No Ideas

The best 21st-century thinkers I read – Bauman (RIP), Byung-Chul Han, Clouscard, Fusaro, Rendueles – are all European. Poland, Germany, France, Italy, Spain.

In the Americas, there are people who describe what’s wrong in very talented, engaging ways. Shoshana Zuboff, Joe Allen, Miklos Lukacs de Pereny, Gullo Omodeo. Or even JD Vance in his fine autobiography. As I explained before, this is a very important task. But I haven’t seen anything like original ideas, theory, philosophy come out of the Americas this century. This is new and not great. We had a lot going on in this hemisphere in what concerns generating ideas all the way until the 1990s. But since then, bupkes.

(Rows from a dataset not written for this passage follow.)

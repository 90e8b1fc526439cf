ghost use Rattle.std.specs.Prelude.{◌≡◌, ◌+◌, ◌*◌, ◌<◌, ◌≤◌, ◌≤ℤ◌, ◌++◌, ◌^◌, true, ℕ, [], ◌∷◌, length, map, pos, IfOk};
ghost use Rattle.std.specs.List.{AllByRecursion, flat_map, range_with_len};
ghost use Rattle.xs_model.specs.Names.{places_of};
ghost use Rattle.xs_model.specs.Sound.{IsSize, cell_count};
ghost use Rattle.xs_fields.specs.Cells.{are_inside, covered_places, first_index, index_count, indices, is_inside, widened_by, HaveRoom};

use crate::variable::Bracket;
use std::alloc::Global;
use xf_num::{NoMemory, Row};

/// Places of cells of an array in row-major order.
pub type Places = Row<u64>;

/// Whether the indices that the bracket covers lie below the size.
fn is_inside(size: i128, bracket: Bracket) -> bool
    ensures { result ≡ is_inside size bracket }
{
    match bracket {
        Bracket::At(index) => 0 <= index && index < size,
        Bracket::Between(span) => { 0 <= span.lo() && span.lo() <= span.hi() && span.hi() < size }
        Bracket::Every => true,
    }
}

/// Whether there is one bracket for each size, and each lies inside.
pub fn are_inside(sizes: &[i128], brackets: &[Bracket]) -> bool
    ensures { result ≡ are_inside sizes.now brackets.now }
{
    if sizes.len() != brackets.len() {
        return false;
    }
    for i in 0..sizes.len() {
        if !is_inside(sizes[i], brackets[i]) {
            return false;
        }
    }
    true
}

/// The first index that a bracket covers, and how many it covers.
fn extent(size: i128, bracket: Bracket) -> (u64, u64)
    requires size { pos 1 ≤ℤ size }
    requires few { places_of size < 2 ^ 64 }
    requires inside { is_inside size bracket ≡ true }
    ensures first { result.0 ≡ first_index bracket }
    ensures count { result.1 ≡ index_count size bracket }
    ensures within { result.0 + result.1 ≤ places_of size }
{
    match bracket {
        Bracket::At(index) => (index as u64, 1),
        Bracket::Between(span) => (span.lo() as u64, (span.hi() - span.lo()) as u64 + 1),
        Bracket::Every => (0, size as u64),
    }
}

/// Appends as many places from `start` on, or some of them.
fn push_run(places: &mut Places, start: u64, count: u64) -> Result<(), NoMemory>
    requires { start + count < 2 ^ 64 }
    ensures { IfOk result (λ _. places.new ≡ places.old ++ range_with_len start count) }
{
    for place in start..start + count {
        places.push(place)?;
    }
    Ok(())
}

/// The places of the cells one dimension further.
fn widened(alloc: Global, places: &[u64], size: i128, bracket: Bracket) -> Result<Places, NoMemory>
    requires size { pos 1 ≤ℤ size }
    requires few { places_of size < 2 ^ 64 }
    requires inside { is_inside size bracket ≡ true }
    requires room { HaveRoom (places_of size) (2 ^ 64) places.now }
    ensures { IfOk result (λ next. next ≡ widened_by size bracket places.now) }
{
    let (first, count) = extent(size, bracket);
    let mut next = Row::new(alloc);
    for place in places {
        push_run(&mut next, *place * size as u64 + first, count)?;
    }
    Ok(next)
}

/// The places of the cells that the brackets cover, in row-major order.
pub fn covered(alloc: Global, sizes: &[i128], brackets: &[Bracket]) -> Result<Places, NoMemory>
    requires sizes { AllByRecursion IsSize sizes.now }
    requires few { cell_count sizes.now < 2 ^ 64 }
    requires inside { are_inside sizes.now brackets.now ≡ true }
    ensures { IfOk result (λ places. places ≡ covered_places sizes.now brackets.now) }
{
    let mut places = Row::new(alloc);
    places.push(0)?;
    for i in 0..sizes.len() {
        places = widened(alloc, places.as_slice(), sizes[i], brackets[i])?;
    }
    Ok(places)
}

This lack of ideas, this deadlock in the understanding of the world is reflected in our politics. It’s all connected, people. Ideas, art, politics. The place where ideas are created has become shallow and geriatric, and everything else is following suit.

This is very strange given that the US has the money and the structure to bring over the best brains from anywhere in the world. We should have our own Fusaros and Hans by the bucketful but somehow it’s not working out.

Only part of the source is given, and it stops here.